Eduquer le marché local
Afin de comprendre la nature même du marché digital marocain, il faut garder à l’esprit que les métiers du web sont très peu régulés dans notre pays. Il n’existe aucun statut officiel pour les freelancers et très peu d’agences opèrent selon un Modus operandi légal qui commencerait par la réception d’un cahier de charge et qui se clôturerait par la signature d’un bon de livraison, en passant par la validation d’un bon de commande et d’un devis, et par la signature d’un contrat et d’une facture.
La concurrence du secteur informel est totalement déloyale avec des prix impossibles à concurrencer et des produits de qualité médiocre qui minent la réputation des professionnels.
L’inculture technologique des clients aggrave cette situation avec beaucoup d’entreprises familiales qui sous-estiment encore l’importance de leur présence en ligne et n’intègrent que peu de solutions technologiques dans l’exercice de leur activité. Il est donc très difficile de justifier la surfacturation qui garantirait le respect des standards, la compatibilité multiplateforme, l’optimisation des performances…

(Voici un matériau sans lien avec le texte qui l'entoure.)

/// Puts the keys of another container, which has none that is new, into one that has this table or none.
fn join_in_old(
    bank: &Bank,
    pass: &mut Pass,
    way: Way,
    old: Option<Table>,
    merge: &Merge,
    called: &Call,
) -> Added
    requires pass { IsPassOf bank.now pass.old }
    requires merge { MayMerge (shape_of bank.now) (kind_by way) merge.now (view pass.old) }
    requires may { MayAddKey (shape_of bank.now) merge.now.o old (view pass.old) }
    requires few { passes_cap
        (joined (known_state merge.now.o (view pass.old)).content (known_state merge.now.t (view pass.old)).content)
        ≡ false }
    requires joins { JoinsKeys merge.now.o merge.now.t called.now (view pass.old) }
    requires room { join_takes (known_state merge.now.o (view pass.old))
        (known_state merge.now.t (view pass.old)).content ≡ None }
    ensures pass { IsPassOf bank.now pass.new }
    ensures stack { stack_of pass.new ≡ stack_of pass.old }
    ensures added { IsAdded (shape_of bank.now) None false called.now reply.Done (view pass.old) (view pass.new)
        result }
    ensures shares { kind_by way ≡ kind.Dict → WasMade result →
        SharesValues merge.now.o merge.now.t (view pass.old) (view pass.new) }
{
    used_entries_follow_a_dict();
    used_entries_follow_a_set();
    words_are_of_one_content();
    match old {
        Some(own) => join_here(bank, pass, way, own, merge, called),
        None => Added::Made(written(write_nothing(bank, pass, merge.o, called, &Reply::Done))),
    }
}

/// Puts the keys of another container into one that has this table or none.
fn join_more(
    bank: &Bank,
    pass: &mut Pass,
    way: Way,
    old: Option<Table>,
    merge: &Merge,
    called: &Call,
) -> Added
    requires pass { IsPassOf bank.now pass.old }
    requires merge { MayMerge (shape_of bank.now) (kind_by way) merge.now (view pass.old) }
    requires may { MayAddKey (shape_of bank.now) merge.now.o old (view pass.old) }
    requires few { merge.now.counts.count + merge.now.more < 2 ^ 63 }
    requires joins { JoinsKeys merge.now.o merge.now.t called.now (view pass.old) }
    ensures pass { IsPassOf bank.now pass.new }
    ensures stack { stack_of pass.new ≡ stack_of pass.old }
    ensures added { IsAdded (shape_of bank.now)
        (join_takes (known_state merge.now.o (view pass.old)) (known_state merge.now.t (view pass.old)).content)
        (passes_cap (joined (known_state merge.now.o (view pass.old)).content
        (known_state merge.now.t (view pass.old)).content))
        called.now reply.Done (view pass.old) (view pass.new) result }
    ensures shares { kind_by way ≡ kind.Dict → WasMade result →
        SharesValues merge.now.o merge.now.t (view pass.old) (view pass.new) }
{
    used_entries_follow_a_dict();
    used_entries_follow_a_set();
    words_are_of_one_content();
    if merge.counts.count + merge.more > most_keys(way) {
        return Added::Over(answer_over(bank, pass, called));
    }
    match class_wanted(way, old, merge.counts, merge.more) {
        Some(class) => join_in_taken(bank, pass, way, old, class, merge, called),
        None => join_in_old(bank, pass, way, old, merge, called),
    }
}

/// Puts the keys of another container, which has this table, into one.
fn join_from(
    bank: &Bank,
    pass: &mut Pass,
    o: Object,
    way: Way,
    t: Object,
    table: Table,
    called: &Call,
) -> Added
    requires pass { IsPassOf bank.now pass.old }
    requires two { o ≢ t }
    requires may { MayWriteEntries (shape_of bank.now) o (view pass.old) }
    requires other { KnowsKeyed (shape_of bank.now) t (Some table) (view pass.old) }
    requires used { used (view pass.old).log ≡ false }
    requires idle { flight (view pass.old).log ≡ 0 }
    requires way { kind_in (shape_of bank.now).starts o ≡ kind_by way }
    requires other_way { kind_in (shape_of bank.now).starts t ≡ kind_by way }
    requires serials { serial_of (known_state o (view pass.old)).content + 65536 < 2 ^ 63 }
    requires joins { JoinsKeys o t called.now (view pass.old) }
    ensures pass { IsPassOf bank.now pass.new }
    ensures stack { stack_of pass.new ≡ stack_of pass.old }
    ensures added { JoinsBy (shape_of bank.now) o t called.now (view pass.old) (view pass.new) result }
{
    used_entries_follow_a_dict();
    used_entries_follow_a_set();
    words_are_of_one_content();
    let others = read_counts(bank, pass, t);
    let counts = read_counts(bank, pass, o);
    let more = count_new(bank, pass, o, way, t, table, others.fill);
    let old = own_table(bank, pass, o);
    let merge = Merge {
        o,
        t,
        table,
        others: others.fill,
        counts,
        more,
    };
    join_more(bank, pass, way, old, &merge, called)
}

/// Makes a call that joins no new keys, as a write that changes nothing.
fn join_nothing(bank: &Bank, pass: &mut Pass, o: Object, t: Object, called: &Call) -> Added
    requires pass { IsPassOf bank.now pass.old }
    requires may { MayWriteEntries (shape_of bank.now) o (view pass.old) }
    requires joins { JoinsKeys o t called.now (view pass.old) }
    requires same { joined (known_state o (view pass.old)).content (known_state t (view pass.old)).content
        ≡ (known_state o (view pass.old)).content }
    requires equal { kind_in (shape_of bank.now).starts t ≡ kind.Dict → (key : Key) (b : Ref) → FitsKey key →
        NamesBoxAt t key b (view pass.old) → HaveEqual o t key (view pass.old) }
    ensures pass { IsPassOf bank.now pass.new }
    ensures stack { stack_of pass.new ≡ stack_of pass.old }
    ensures added { IsAdded (shape_of bank.now)
        (join_takes (known_state o (view pass.old)) (known_state t (view pass.old)).content)
        (passes_cap (joined (known_state o (view pass.old)).content (known_state t (view pass.old)).content))
        called.now reply.Done
        (view pass.old) (view pass.new) result }
    ensures shares { kind_in (shape_of bank.now).starts t ≡ kind.Dict →
        SharesValues o t (view pass.old) (view pass.new) }
{
    used_entries_follow_a_dict();
    used_entries_follow_a_set();
    Added::Made(written(write_nothing(bank, pass, o, called, &Reply::Done)))
}

/// Puts the keys of a dict or a set into another one of the same kind, as the write of the call, by a pass that has the
/// locks of both: those that are new in their order, after the others, and in a dict its values at those that are there.
/// One that is named twice stays as it is. A value of a dict that stands in a box stands in that box in both then; where
/// an equal value is at the key already, that one stays. The version of each entry that is written is odd meanwhile, and
/// no other.
///
/// # Errors
///
/// `NoTable` where it needs another table, of the class for its new size, and the count of the class was 0;
/// `Over` where it would have more than the largest table holds; `Moved` where two steps found a word of the class's
/// free tables changed. Nothing is put then.
pub fn join_by(bank: &Bank, pass: &mut Pass, o: Object, t: Object, way: Way, called: &Call) -> Added
    requires pass { IsPassOf bank.now pass.old }
    requires may { MayWriteEntries (shape_of bank.now) o (view pass.old) }
    requires other { MayWriteEntries (shape_of bank.now) t (view pass.old) }
    requires used { used (view pass.old).log ≡ false }
    requires idle { flight (view pass.old).log ≡ 0 }
    requires way { kind_in (shape_of bank.now).starts o ≡ kind_by way }
    requires other_way { kind_in (shape_of bank.now).starts t ≡ kind_by way }
    requires serials { serial_of (known_state o (view pass.old)).content + 65536 < 2 ^ 63 }
    requires joins { JoinsKeys o t called.now (view pass.old) }
    ensures pass { IsPassOf bank.now pass.new }
    ensures stack { stack_of pass.new ≡ stack_of pass.old }
    ensures added { JoinsBy (shape_of bank.now) o t called.now (view pass.old) (view pass.new) result }
{
    used_entries_follow_a_dict();
    if o == t {
        return join_nothing(bank, pass, o, t, called);
    }
    let Some(table) = own_table(bank, pass, t) else {
        return join_nothing(bank, pass, o, t, called);
    };
    join_from(bank, pass, o, way, t, table, called)
}
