//! The template of a page, cut at its data (docs/PAGES.md, "The file"). `page/template.py --write` makes this file of `page/page.html`.

/// What stands before the data: part 1 of 3.
pub const HEAD_0: &str = "\
<!DOCTYPE html>\n\
<html lang=\"en\">\n\
<head>\n\
<meta charset=\"utf-8\">\n\
<meta name=\"viewport\" content=\"width=device-width, initial-scale=1\">\n\
<title>A run of ranks, step by step</title>\n\
<style>\n\
:root { color-scheme: light dark; font-size: clamp(15px, 1.25vw, 21px);\n\
\x20 --ink:#17202c; --soft:#4d5866; --rule:#ccd3dc; --paper:#fff; --back:#eef1f5; --mark:#ffe58a; --bad:#b3261e; --good:#00694b; --warn:#855300; --choice:#6a2fa8; --tint:#f5effc;\n\
\x20 --r0:#005fa3; --r1:#b34700; --r2:#00735a; --r3:#9b2f7a; --r4:#6b5900; --r5:#3f48b5; --r6:#7a3b10; --r7:#4a5560; }\n\
@media (prefers-color-scheme: dark) { :root {\n\
\x20 --ink:#eef2f6; --soft:#b2bcc8; --rule:#465160; --paper:#171c23; --back:#0c0f13; --mark:#6b5400; --bad:#ff8a7d; --good:#4fd6a6; --warn:#f0b454; --choice:#c9a2ff; --tint:#2a2138;\n\
\x20 --r0:#6cb8f5; --r1:#ff9a57; --r2:#3fd0a5; --r3:#f08fd0; --r4:#e3ce4a; --r5:#a9b1ff; --r6:#dba37c; --r7:#c0c9d2; } }\n\
* { box-sizing: border-box; }\n\
html, body { height: 100%; margin: 0; }\n\
body { display: grid; grid-template-rows: auto minmax(0, 1fr) auto; font: 1rem/1.4 system-ui, \"DejaVu Sans\", sans-serif; color: var(--ink); background: var(--back); }\n\
h1, h2, h3, p { margin: 0; }\n\
code, pre, .code, #source { font-family: ui-monospace, \"DejaVu Sans Mono\", Menlo, Consolas, monospace; font-size: .95em; }\n\
header { padding: .4rem .9rem; background: var(--paper); border-bottom: 1px solid var(--rule); }\n\
header div { display: flex; gap: .2rem 1rem; align-items: baseline; flex-wrap: wrap; }\n\
h1 { font-size: 1.2rem; overflow-wrap: anywhere; }\n\
h2 { font-size: .8rem; color: var(--soft); padding: .35rem .7rem .1rem; }\n\
h3 { font-size: 1.05rem; }\n\
.soft { color: var(--soft); }\n\
#step { font-size: 1.1rem; min-height: 1.55em; }\n\
#verdict { font-weight: 600; }\n\
main { display: grid; grid-template-columns: minmax(20rem, 36%) minmax(0, 1fr); gap: .5rem; padding: .5rem; min-height: 0; }\n\
.side { display: grid; gap: .5rem; min-height: 0; }\n\
#left { grid-template-rows: minmax(0, 1fr) auto; }\n\
#right { grid-template-rows: auto minmax(0, 1fr); }\n\
.pane { background: var(--paper); border: 1px solid var(--rule); border-radius: .4rem; overflow: auto; min-height: 0; position: relative; }\n\
:focus-visible { outline: 3px solid var(--choice); outline-offset: -2px; }\n\
#source { line-height: 1.5; padding-bottom: .4rem; tab-size: 4; }\n\
.line { display: grid; grid-template-columns: 5rem 2.4rem minmax(0, 1fr); }\n\
.line > :nth-child(-n+2) { text-align: right; padding-right: .4rem; }\n\
.line > :last-child { white-space: pre-wrap; overflow-wrap: anywhere; padding: 0 .4rem 0 2ch; text-indent: -2ch; }\n\
.line.now { background: var(--mark); }\n\
.line.now > :nth-child(2) { font-weight: 700; color: var(--ink); }\n\
.badge { display: inline-block; min-width: 1.45rem; padding: 0 .2rem; margin-left: .15rem; border: 2px solid var(--c); border-radius: .25rem; background: var(--c); color: var(--paper); font: 700 .8rem/1.2 system-ui, \"DejaVu Sans\", sans-serif; text-align: center; text-indent: 0; }\n\
.badge.round { border-radius: 1rem; }\n\
.badge.blocked { background: var(--paper); color: var(--c); border-style: dashed; }\n\
.badge.trapped { background: var(--paper); color: var(--bad); border: 3px double var(--bad); }\n\
.badge.ended { opacity: .75; }\n\
#lanes { max-height: 48vh; }\n\
#lanes svg, #tree svg { display: block; }\n\
#tree { max-height: 28vh; overflow: auto; }\n\
text { font: 12px system-ui, \"DejaVu Sans\", sans-serif; fill: var(--ink); }\n\
text.mid { text-anchor: middle; } text.bold { font-weight: 700; } text.rank { font-weight: 700; font-size: 15px; fill: var(--c); }\n\
.lane { stroke: var(--c); stroke-width: 2; } .lane.round { stroke-dasharray: 9 2; }\n\
.wait { stroke: var(--c); stroke-opacity: .35; }\n\
.posted { stroke: var(--c); stroke-width: 1.6; stroke-dasharray: 3 3; }\n\
.full { fill: var(--c); stroke: var(--c); stroke-width: 2; } .open { fill: var(--paper); stroke: var(--c); stroke-width: 2.4; }\n\
.arrow { fill: none; stroke: var(--c); stroke-width: 2; } .new .arrow { stroke-width: 4; }\n\
.halo { fill: var(--mark); } .bar { stroke: var(--ink); stroke-width: 4; } .past { fill: var(--back); } .hand { stroke: var(--soft); stroke-dasharray: 3 3; }\n";

/// What stands before the data: part 2 of 3.
pub const HEAD_1: &str = "\
.dia { fill: var(--paper); stroke: var(--choice); stroke-width: 2.2; cursor: pointer; } .dia.here { fill: var(--choice); }\n\
.twig { fill: none; stroke: var(--rule); stroke-width: 2; } .twig.on { stroke: var(--choice); stroke-width: 3.5; }\n\
.bad { color: var(--bad); fill: var(--bad); } .good { color: var(--good); fill: var(--good); } .warn { color: var(--warn); fill: var(--warn); }\n\
table { border-collapse: collapse; width: 100%; font-size: .93rem; }\n\
caption { text-align: left; font-size: .8rem; font-weight: 700; color: var(--soft); padding: .35rem .7rem .1rem; }\n\
th { text-align: left; font-size: .8rem; color: var(--soft); padding: .15rem .5rem; }\n\
td:nth-child(2) { white-space: nowrap; } td[colspan] { white-space: normal !important; }\n\
td { padding: .2rem .5rem; border-top: 1px solid var(--rule); vertical-align: top; }\n\
.why td { border: 0; padding-top: 0; font-size: .9rem; }\n\
mark { background: var(--mark); color: inherit; border-bottom: 2px solid var(--ink); }\n\
.value { display: inline-block; margin-right: .9rem; }\n\
.token { display: inline-block; border: 1px solid var(--rule); border-left: .3rem solid var(--c); border-radius: .25rem; padding: 0 .3rem; margin: 0 .2rem .15rem 0; }\n\
.token.may { border-color: var(--choice); background: var(--tint); font-weight: 700; }\n\
.box { margin: .5rem; padding: .5rem .7rem; border: 2px solid currentColor; border-radius: .4rem; }\n\
.box > * { color: var(--ink); } .box > h3 { color: inherit; }\n\
#choice { color: var(--choice); }\n\
#choice button { display: flex; gap: .6rem; align-items: center; width: 100%; margin: .3rem 0; padding: .2rem .6rem; text-align: left; }\n\
#choice button.on { background: var(--tint); border: 2px solid var(--choice); font-weight: 700; }\n\
#choice button > :last-child { margin-left: auto; white-space: nowrap; font-weight: 400; }\n\
#choice button:disabled { flex-wrap: wrap; } #choice button:disabled > :last-child { flex-basis: 100%; margin: 0 0 0 1.6rem; white-space: normal; }\n\
.told { display: flex; gap: .8rem; align-items: flex-start; }\n\
.told > div { flex: 1; }\n\
.told p { padding-left: 2ch; text-indent: -2ch; }\n\
button { font: inherit; color: inherit; background: var(--paper); border: 1px solid var(--soft); border-radius: .35rem; cursor: pointer; }\n\
button:disabled { color: var(--soft); cursor: default; border-style: dashed; }\n\
footer { display: grid; grid-template-columns: auto minmax(0, 1fr) auto; gap: .3rem 1rem; align-items: center; padding: .3rem .9rem; background: var(--paper); border-top: 1px solid var(--rule); }\n\
footer button { padding: .25rem .6rem; font-weight: 700; }\n\
#keys { font-size: .85rem; } #keys button { padding: .2rem .4rem; font-weight: 400; } kbd { font: 700 1em ui-monospace, \"DejaVu Sans Mono\", monospace; color: var(--choice); }\n\
#aloud { position: absolute; width: 1px; height: 1px; overflow: hidden; clip-path: inset(50%); } #lanes svg, [data-step] { cursor: pointer; } circle[class=\"\"] { fill: var(--ink); }\n\
#track { position: relative; padding-top: 1.15rem; } #track input { width: 100%; margin: 0; display: block; }\n\
#marks { position: absolute; left: 8px; right: 8px; top: 0; }\n\
#marks span { position: absolute; transform: translateX(-50%); cursor: pointer; font-size: .95rem; line-height: 1.2; } #marks .choice { color: var(--choice); }\n\
@media (max-width: 1240px) { footer { grid-template-columns: auto minmax(0, 1fr); } #keys { grid-column: 1 / -1; } }\n\
@media (max-height: 600px) { #lanes { max-height: 22vh; } }\n\
@media print { :root { color-scheme: light; font-size: 11pt; } html, body { height: auto; } body, main, .side { display: block; background: #fff; } footer, #treepane, #table { display: none; }\n\
\x20 .pane { border: 0; overflow: visible; max-height: none !important; break-inside: avoid; } #lanes svg { width: 100%; height: auto; } * { print-color-adjust: exact; } }\n\
</style>\n\
</head>\n\
<body>\n\
<header><div><h1 id=\"name\">No run stands on this page</h1><span id=\"about\" class=\"soft\"></span><span id=\"verdict\"></span></div><p id=\"step\" role=\"status\"></p><p id=\"aloud\" role=\"status\"></p></header>\n\
<main>\n\
<div class=\"side\" id=\"left\">\n";
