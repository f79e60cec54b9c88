//! What answers the messages of an editor: a desk with a console (docs/ADAPTER.md).

ghost use Rattle.std.specs.Prelude.{◌≡◌, ◌+◌, ◌≤◌, ◌++◌, ◌∷◌, [], ℕ, List, Some, None, false, IfOk, OnOk, OnErr, string_bytes, vec_len, vec_capacity};
ghost use Rattle.std.specs.List.{flat_map};
ghost use Rattle.serde_json.specs.View.{view};
ghost use Rattle.mpd_frames.specs.Frame.{frame_text};
ghost use Rattle.mpd_adapter.specs.Moves.{word_in as word_of_move, after as behind_move};
ghost use Rattle.mpd_adapter.specs.Answers.{IsSheet, Tells, frames_of};
ghost use Rattle.mpd_adapter.specs.declared.task.Task.TheVariants.{Marks, Moves, Types};
ghost use Rattle.mpd_adapter.specs.Says as spec;
ghost use Rattle.mpd_adapter.specs.Worths.{worths_in};
ghost use Rattle.mpd_console.specs.Says.{ConsoleSays};
ghost use Rattle.mpd_adapter.specs.Says.{Wrote, Kept, Heeds, WordsSay};

use crate::halt::stopped_in;
use crate::looks::body_in;
use crate::marks::set_marks;
use crate::moves::{After, Move, word_in};
use crate::numbers::{one_more, thread_of};
use crate::sheet::{Sheet, announced, begun, refusal, response, with_event, with_stop};
use crate::task::{Look, Task, task_of};
use crate::worth::{RankWorth, named_worths, valued_worths, worth_body};
use mpd_console::ConsoleDesk;
use mpd_dap::{
    Ask, Event, Json, Mark, Message, Refusal, Text, Wanted, all_continued, evaluated, marks,
    message_of, nothing, output, push_memory, shown,
};
use mpd_frames::FrameDesk;
use mpd_lines::{LINE_ROOM, LineDesk, ROOM};
use mpd_model::LINE_MAX;
use mpd_session::{Command, Reply, Request, Session};
use mpd_vocabulary::{Word, named_in};
use std::alloc::{AllocError, Global};
use std::marker::Model;

/// The path that a `launch` gives.
fn program_of(message: Message) -> Option<Text>
    ensures { result ≡ spec.program_of message.ask }
{
    let Message {
        seq: _,
        name: _,
        command: _,
        ask,
    } = message;
    match ask {
        Some(Ask::Launch { program }) => Some(program),
        _ => None,
    }
}

/// The expression of a message; empty if it has none.
fn expression_of(message: &Message) -> &str
    ensures { result.now ≡ spec.expression_of message.now.ask }
{
    match &message.ask {
        Some(Ask::Evaluate { expression, .. }) => expression.as_str(),
        _ => "",
    }
}

/// The path of the source of a message; empty if it has none.
fn source_of(message: &Message) -> &str
    ensures { result.now ≡ spec.source_of message.now.ask }
{
    match &message.ask {
        Some(Ask::SetBreakpoints { path, wanted: _ }) => path.as_str(),
        _ => "",
    }
}

/// The breakpoints that are wanted in it.
fn wanted_of(message: &Message) -> &[Wanted]
    ensures { result.now ≡ spec.wanted_of message.now.ask }
{
    match &message.ask {
        Some(Ask::SetBreakpoints { path: _, wanted }) => &wanted.items,
        _ => &[],
    }
}

/// A text without its last line feed.
#[tactic(auto, using(crate::proofs::DeskLemmas::feeding))]
fn without_feed(text: &[u8]) -> &[u8]
    ensures { result.now ≡ spec.without_feed text.now }
{
    if !text.ends_with(b"\n") {
        return text;
    }
    let (whole, _) = text.split_at(text.len() - 1);
    whole
}

/// The body of the response that has the console's answer to a line.
fn evaluated_body(alloc: Global, said: &[u8]) -> Result<Json, AllocError>
    ensures { IfOk result (λ body. view body.value ≡ spec.evaluated_body said.now) }
{
    let text = shown(alloc, without_feed(said))?;
    evaluated(alloc, text.as_str())
}

/// The frames that answer a line of the console, given whether the session has another version now, and what the console has said.
#[tactic(auto, using(crate::proofs::DeskLemmas::evaluating))]
fn evaluated_sheet(
    alloc: Global,
    session: &Session<'_>,
    number: u64,
    message: &Message,
    has_changed: bool,
    said: &[u8],
) -> Result<Sheet, AllocError>
    ensures { IfOk result (λ sheet. IsSheet number (frames_of number message.now (spec.evaluated_answer has_changed said.now session.now)) sheet.text.items sheet.number) }
{
    let body = evaluated_body(alloc, said)?;
    if !has_changed {
        return response(alloc, number, message, body);
    }
    let stands = stopped_in(alloc, session, After::Jump)?;
    with_event(alloc, number, message, body, Event::Stopped, stands)
}

/// The frames that tell what an expression comes to for the ranks that are meant, or refuse it.
#[tactic(auto, using(crate::proofs::DeskLemmas::valuing))]
fn worth_sheet(
    alloc: Global,
    number: u64,
    message: &Message,
    list: &[RankWorth],
    meant: Option<usize>,
) -> Result<Sheet, AllocError>
    ensures { IfOk result (λ sheet. spec.Valued number message.now list.now sheet.text.items sheet.number) }
{
    match worth_body(alloc, list, meant)? {
        None => refusal(alloc, number, message, Refusal::NoValue),
        Some(body) => response(alloc, number, message, body),
    }
}

/// The body of the response to a move.
fn move_body(alloc: Global, asked: Move) -> Result<Json, AllocError>
    ensures { IfOk result (λ body. view body.value ≡ spec.move_body asked) }
{
    match asked {
        Move::Continue(_) => all_continued(alloc),
        _ => nothing(alloc),
    }
}

/// The body of the event that tells what the console has said.
fn said_body(alloc: Global, said: &[u8]) -> Result<Json, AllocError>
    ensures { IfOk result (λ body. view body.value ≡ spec.said_body said.now) }
{
    let text = shown(alloc, said)?;
    output(alloc, text.as_str())
}

/// The frames of a move that is done, given what the console has said of it.
#[tactic(auto, using(crate::proofs::DeskLemmas::moved_sheet))]
fn moved_sheet(
    alloc: Global,
    session: &Session<'_>,
    number: u64,
    message: &Message,
    asked: Move,
    said: &[u8],
) -> Result<Sheet, AllocError>
    ensures { IfOk result (λ sheet. IsSheet number (frames_of number message.now (spec.moved_answer asked said.now session.now)) sheet.text.items sheet.number) }
{
    let body = move_body(alloc, asked)?;
    let told = said_body(alloc, said)?;
    let stands = stopped_in(alloc, session, asked.after())?;
    with_stop(alloc, number, message, body, told, stands)
}

/// The frame that tells what becomes of breakpoints.
#[tactic(auto, using(crate::proofs::DeskLemmas::marked_sheet))]
fn marked_sheet(
    alloc: Global,
    number: u64,
    message: &Message,
    list: &[Mark],
) -> Result<Sheet, AllocError>
    ensures { IfOk result (λ sheet. IsSheet number (frames_of number message.now (spec.marked_answer list.now)) sheet.text.items sheet.number) }
{
    let body = marks(alloc, list)?;
    response(alloc, number, message, body)
}

/// The frames that answer a look.
#[tactic(auto, using(crate::proofs::DeskLemmas::looking))]
fn looked_sheet(
    alloc: Global,
    session: &Session<'_>,
    number: u64,
    message: &Message,
    path: &str,
    look: Look,
) -> Result<Sheet, AllocError>
    ensures { IfOk result (λ sheet. spec.Looked number message.now session.now path.now look sheet.text.items sheet.number) }
{
    match body_in(alloc, session, path, look)? {
        None => refusal(alloc, number, message, Refusal::NotEnded),
        Some(body) => response(alloc, number, message, body),
    }
}

/// The frames that tell all threads, and where they stand.
#[tactic(auto, using(crate::proofs::DeskLemmas::begun_sheet))]
fn begun_sheet(
    alloc: Global,
    session: &Session<'_>,
    number: u64,
    message: &Message,
) -> Result<Sheet, AllocError>
    ensures { IfOk result (λ sheet. IsSheet number (frames_of number message.now (spec.begun_answer session.now)) sheet.text.items sheet.number) }
{
    let body = nothing(alloc)?;
    let stands = stopped_in(alloc, session, After::Jump)?;
    begun(alloc, number, message, body, session.code().ranks(), stands)
}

Plus proche de la réalité que de la caricature, des cybercafés et des campagnes de spams annoncent des sites web avec nom de domaine et espace d’hébergement à moins de 125 dollars, et des sites e-commerces à moins de 375 dollars. Il est en théorie impossible pour une agence conventionnelle de faire moins cher, quoique certaines suivent cette tendance et bradent leurs prix comme c’est le cas de CompetenceCenter.ma.
L’adoption du projet de loi de finance 2014 en décembre dernier n’a été que la suite logique d’un débat initié dès avril 2013 lors des Assises de la fiscalité tenues à Skhirate.
L’augmentation du taux de la taxe sur la valeur ajoutée (TVA) sur plusieurs produits et le durcissement du ton face aux retardataires a poussé beaucoup d’entreprises à réduire leurs dépenses " non-essentielles" et à retarder les règlements de toutes leurs factures.
Une situation qui a congestionné le marché des services, notamment ceux liés au web, déjà très précaires à cause d’une importante charge salariale et d’une réserve comptable généralement faible.
Les professionnels auront donc la lourde tâche de restructurer leurs organisations, revoir leurs stratégies et éduquer "technologiquement" leurs clients, tandis que l’Etat devra participer à la création d’une dynamique de développement durable à travers un cadre juridique et légal adapté.